__RECORDS FOR THIS EXERCISE__:
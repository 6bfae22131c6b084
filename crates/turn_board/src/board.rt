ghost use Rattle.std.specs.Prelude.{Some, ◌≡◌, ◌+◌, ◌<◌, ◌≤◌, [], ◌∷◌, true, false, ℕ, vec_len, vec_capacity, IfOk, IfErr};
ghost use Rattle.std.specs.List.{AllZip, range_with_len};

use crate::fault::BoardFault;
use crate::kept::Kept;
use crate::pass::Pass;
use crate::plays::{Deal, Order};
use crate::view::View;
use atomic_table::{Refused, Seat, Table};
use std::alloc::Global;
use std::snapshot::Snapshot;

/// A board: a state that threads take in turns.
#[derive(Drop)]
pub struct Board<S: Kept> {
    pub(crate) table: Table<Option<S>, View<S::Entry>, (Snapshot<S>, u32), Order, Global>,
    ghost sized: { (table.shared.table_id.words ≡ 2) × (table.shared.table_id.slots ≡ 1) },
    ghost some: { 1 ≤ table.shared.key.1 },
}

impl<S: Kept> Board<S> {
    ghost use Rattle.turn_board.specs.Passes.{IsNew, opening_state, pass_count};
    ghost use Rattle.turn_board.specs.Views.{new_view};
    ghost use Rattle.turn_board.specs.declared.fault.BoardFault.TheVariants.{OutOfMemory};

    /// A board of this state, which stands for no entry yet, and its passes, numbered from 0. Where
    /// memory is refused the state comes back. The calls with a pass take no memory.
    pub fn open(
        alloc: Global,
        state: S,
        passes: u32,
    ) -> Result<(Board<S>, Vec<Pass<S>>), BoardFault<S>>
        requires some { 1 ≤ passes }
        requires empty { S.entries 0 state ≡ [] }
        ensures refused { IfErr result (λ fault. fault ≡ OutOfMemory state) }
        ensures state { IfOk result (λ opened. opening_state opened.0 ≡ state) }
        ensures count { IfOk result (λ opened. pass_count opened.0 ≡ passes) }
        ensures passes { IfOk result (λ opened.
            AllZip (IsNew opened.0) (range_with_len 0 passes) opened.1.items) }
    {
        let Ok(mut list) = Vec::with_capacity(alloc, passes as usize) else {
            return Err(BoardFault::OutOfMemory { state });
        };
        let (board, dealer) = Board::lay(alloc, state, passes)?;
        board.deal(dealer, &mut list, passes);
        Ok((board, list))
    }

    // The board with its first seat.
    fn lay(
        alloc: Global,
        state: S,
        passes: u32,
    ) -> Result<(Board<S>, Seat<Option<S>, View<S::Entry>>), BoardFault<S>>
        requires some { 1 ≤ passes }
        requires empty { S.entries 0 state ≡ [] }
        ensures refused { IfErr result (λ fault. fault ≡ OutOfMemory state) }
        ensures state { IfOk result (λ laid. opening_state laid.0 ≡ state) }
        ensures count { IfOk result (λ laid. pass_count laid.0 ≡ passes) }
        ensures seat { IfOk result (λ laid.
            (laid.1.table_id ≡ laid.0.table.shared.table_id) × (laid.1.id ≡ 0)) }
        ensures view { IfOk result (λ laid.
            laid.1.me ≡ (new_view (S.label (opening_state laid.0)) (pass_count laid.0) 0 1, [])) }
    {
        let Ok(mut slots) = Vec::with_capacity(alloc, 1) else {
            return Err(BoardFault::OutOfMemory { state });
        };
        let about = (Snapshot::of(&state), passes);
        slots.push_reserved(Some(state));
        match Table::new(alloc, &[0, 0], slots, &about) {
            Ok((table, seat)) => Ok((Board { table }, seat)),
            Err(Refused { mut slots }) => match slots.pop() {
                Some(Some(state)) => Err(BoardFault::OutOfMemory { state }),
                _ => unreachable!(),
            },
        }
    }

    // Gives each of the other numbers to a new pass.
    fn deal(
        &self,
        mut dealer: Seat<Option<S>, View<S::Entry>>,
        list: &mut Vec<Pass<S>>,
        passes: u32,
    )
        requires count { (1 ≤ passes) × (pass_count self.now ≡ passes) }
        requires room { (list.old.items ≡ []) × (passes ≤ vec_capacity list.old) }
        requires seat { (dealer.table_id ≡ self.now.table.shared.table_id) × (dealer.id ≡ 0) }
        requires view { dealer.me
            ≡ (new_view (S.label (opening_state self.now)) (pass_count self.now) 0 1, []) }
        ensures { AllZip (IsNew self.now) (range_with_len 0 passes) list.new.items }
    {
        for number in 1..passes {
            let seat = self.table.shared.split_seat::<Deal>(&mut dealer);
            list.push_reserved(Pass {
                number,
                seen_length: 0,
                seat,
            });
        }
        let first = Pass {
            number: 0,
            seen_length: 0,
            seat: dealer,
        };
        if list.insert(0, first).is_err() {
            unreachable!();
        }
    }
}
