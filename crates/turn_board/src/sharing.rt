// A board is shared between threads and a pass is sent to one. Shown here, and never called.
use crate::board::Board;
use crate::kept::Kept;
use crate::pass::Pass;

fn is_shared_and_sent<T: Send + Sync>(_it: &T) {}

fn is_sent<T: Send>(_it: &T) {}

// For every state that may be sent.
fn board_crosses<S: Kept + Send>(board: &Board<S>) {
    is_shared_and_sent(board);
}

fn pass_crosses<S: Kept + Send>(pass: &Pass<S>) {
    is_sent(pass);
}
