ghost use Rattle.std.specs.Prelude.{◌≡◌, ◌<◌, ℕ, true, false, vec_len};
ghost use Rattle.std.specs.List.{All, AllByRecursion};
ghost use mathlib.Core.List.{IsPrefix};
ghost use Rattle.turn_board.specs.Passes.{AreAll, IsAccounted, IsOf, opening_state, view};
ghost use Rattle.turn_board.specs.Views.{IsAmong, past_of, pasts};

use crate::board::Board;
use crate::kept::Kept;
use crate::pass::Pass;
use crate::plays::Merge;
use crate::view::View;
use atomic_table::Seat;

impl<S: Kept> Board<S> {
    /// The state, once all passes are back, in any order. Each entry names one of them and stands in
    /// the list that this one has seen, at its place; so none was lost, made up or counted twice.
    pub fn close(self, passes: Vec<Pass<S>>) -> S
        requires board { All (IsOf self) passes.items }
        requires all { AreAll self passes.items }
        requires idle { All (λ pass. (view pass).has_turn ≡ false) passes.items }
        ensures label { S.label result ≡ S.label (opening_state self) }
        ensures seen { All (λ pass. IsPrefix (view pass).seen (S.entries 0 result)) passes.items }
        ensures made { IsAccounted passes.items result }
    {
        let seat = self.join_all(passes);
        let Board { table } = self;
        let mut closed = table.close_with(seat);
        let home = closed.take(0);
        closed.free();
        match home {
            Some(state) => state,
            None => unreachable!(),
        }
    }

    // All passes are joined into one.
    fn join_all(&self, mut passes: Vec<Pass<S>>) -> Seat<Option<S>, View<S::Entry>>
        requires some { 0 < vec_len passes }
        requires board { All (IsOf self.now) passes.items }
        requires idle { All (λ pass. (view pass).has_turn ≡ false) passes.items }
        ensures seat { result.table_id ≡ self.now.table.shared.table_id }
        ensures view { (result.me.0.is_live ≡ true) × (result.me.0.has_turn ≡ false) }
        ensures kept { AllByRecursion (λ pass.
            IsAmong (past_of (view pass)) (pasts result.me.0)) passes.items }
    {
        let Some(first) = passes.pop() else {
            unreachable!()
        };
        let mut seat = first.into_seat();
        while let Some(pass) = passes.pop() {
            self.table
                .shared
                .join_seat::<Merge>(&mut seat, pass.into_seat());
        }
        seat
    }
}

* * *

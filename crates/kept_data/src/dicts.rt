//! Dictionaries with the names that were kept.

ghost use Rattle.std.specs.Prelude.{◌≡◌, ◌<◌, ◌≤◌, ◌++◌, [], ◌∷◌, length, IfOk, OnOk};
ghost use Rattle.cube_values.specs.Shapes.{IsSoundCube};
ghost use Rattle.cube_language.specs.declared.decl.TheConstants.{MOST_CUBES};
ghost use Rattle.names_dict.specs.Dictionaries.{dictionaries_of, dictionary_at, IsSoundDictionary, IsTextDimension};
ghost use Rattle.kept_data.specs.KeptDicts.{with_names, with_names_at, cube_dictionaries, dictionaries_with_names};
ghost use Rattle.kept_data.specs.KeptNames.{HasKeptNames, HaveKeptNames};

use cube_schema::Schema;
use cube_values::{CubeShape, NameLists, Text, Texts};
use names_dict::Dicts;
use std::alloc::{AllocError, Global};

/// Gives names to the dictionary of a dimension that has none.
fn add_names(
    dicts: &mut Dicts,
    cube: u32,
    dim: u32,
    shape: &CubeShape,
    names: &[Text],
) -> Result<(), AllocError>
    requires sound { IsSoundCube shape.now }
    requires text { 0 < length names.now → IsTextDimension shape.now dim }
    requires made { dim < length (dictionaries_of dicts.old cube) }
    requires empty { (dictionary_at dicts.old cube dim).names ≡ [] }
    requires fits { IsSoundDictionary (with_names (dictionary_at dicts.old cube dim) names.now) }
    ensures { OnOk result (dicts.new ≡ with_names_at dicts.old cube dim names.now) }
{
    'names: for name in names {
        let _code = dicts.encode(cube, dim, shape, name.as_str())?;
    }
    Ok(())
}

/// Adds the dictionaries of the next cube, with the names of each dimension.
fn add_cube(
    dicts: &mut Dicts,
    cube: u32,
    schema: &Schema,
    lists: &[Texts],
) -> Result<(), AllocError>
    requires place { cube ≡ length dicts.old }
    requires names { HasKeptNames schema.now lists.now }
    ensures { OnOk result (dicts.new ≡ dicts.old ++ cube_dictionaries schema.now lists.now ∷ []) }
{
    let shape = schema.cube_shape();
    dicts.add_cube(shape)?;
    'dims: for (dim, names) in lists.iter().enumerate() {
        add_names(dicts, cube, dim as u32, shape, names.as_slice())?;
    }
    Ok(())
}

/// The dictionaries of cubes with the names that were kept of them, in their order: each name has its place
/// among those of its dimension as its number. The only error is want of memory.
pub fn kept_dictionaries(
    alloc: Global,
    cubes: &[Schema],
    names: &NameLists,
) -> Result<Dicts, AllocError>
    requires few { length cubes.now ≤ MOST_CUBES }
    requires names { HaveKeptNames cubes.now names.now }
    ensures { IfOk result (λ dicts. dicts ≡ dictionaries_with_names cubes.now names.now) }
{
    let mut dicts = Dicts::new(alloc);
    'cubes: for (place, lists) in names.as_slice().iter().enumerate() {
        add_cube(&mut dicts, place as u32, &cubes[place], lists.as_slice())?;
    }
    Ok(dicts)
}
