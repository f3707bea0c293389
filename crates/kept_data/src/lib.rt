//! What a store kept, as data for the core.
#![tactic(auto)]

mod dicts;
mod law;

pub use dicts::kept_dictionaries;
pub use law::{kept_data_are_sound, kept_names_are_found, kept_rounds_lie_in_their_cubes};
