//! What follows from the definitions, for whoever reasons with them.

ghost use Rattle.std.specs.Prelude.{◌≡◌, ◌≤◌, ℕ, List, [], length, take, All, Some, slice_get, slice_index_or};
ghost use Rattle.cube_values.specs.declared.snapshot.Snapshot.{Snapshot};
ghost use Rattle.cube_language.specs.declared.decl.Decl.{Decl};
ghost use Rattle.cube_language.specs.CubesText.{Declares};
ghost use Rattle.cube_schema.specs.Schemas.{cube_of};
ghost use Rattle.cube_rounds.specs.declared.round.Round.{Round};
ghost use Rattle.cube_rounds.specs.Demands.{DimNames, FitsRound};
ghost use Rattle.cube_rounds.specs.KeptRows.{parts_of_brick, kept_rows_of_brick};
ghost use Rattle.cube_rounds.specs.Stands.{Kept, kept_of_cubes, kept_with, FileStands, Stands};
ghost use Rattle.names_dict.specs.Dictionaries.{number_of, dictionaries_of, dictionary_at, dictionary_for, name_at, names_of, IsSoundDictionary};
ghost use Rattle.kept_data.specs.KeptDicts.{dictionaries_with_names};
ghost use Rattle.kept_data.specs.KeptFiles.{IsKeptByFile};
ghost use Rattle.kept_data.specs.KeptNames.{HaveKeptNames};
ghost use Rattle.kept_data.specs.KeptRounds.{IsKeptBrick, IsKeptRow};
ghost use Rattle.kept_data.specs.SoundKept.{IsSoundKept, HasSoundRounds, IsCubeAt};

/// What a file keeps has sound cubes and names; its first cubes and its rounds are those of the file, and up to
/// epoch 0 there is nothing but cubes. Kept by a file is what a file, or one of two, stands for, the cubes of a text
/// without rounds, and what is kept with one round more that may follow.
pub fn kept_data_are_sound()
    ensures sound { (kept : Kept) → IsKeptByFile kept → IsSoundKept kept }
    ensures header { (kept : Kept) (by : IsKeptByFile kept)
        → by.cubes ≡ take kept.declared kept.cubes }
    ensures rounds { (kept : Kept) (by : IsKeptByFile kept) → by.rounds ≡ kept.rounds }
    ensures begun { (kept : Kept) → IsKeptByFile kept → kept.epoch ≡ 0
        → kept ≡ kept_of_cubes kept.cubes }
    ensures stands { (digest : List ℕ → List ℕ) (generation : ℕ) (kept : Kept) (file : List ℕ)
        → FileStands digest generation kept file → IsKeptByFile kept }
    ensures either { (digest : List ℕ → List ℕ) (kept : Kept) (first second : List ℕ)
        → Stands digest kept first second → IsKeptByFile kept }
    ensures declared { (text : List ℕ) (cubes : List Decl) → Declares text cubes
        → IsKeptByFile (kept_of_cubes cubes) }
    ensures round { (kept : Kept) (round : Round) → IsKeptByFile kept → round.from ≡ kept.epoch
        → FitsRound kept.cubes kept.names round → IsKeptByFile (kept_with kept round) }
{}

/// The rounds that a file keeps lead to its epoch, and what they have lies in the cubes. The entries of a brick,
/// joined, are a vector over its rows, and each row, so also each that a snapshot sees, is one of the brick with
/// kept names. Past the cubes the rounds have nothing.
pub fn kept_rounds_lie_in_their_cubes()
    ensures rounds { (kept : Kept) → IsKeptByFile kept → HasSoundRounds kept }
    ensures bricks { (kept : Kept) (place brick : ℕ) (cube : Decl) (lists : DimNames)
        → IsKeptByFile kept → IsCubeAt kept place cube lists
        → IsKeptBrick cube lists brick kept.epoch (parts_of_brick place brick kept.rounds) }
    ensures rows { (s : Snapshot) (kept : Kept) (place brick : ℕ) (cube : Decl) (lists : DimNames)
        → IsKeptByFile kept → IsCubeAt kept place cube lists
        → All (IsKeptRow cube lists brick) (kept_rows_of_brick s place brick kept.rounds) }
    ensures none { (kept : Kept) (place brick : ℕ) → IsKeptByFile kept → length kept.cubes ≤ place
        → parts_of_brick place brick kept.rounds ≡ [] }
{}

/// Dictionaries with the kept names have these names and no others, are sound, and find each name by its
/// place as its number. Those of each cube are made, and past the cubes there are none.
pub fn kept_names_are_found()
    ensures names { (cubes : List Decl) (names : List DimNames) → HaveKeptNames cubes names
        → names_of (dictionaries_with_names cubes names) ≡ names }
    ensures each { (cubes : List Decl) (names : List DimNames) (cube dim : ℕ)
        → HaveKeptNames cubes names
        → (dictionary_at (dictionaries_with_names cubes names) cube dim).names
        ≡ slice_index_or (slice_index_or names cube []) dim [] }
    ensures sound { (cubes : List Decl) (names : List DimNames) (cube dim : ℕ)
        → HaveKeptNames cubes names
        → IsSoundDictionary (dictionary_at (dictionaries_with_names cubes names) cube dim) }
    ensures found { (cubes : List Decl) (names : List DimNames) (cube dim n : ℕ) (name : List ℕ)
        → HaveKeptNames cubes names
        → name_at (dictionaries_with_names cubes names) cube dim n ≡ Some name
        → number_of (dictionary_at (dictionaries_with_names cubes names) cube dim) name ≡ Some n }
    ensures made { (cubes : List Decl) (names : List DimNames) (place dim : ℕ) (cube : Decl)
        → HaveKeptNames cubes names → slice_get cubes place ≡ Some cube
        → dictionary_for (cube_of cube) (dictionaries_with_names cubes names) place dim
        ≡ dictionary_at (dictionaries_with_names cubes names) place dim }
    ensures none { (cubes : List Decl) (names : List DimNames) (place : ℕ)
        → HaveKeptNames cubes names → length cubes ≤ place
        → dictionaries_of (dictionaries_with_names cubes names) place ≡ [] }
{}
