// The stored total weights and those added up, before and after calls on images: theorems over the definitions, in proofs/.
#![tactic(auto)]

__PROBLEM DESCRIPTION__: After examining the listing, give only the count of lines holding the string "HaveKeptNames".

__COMPLETED EXERCISE__: 9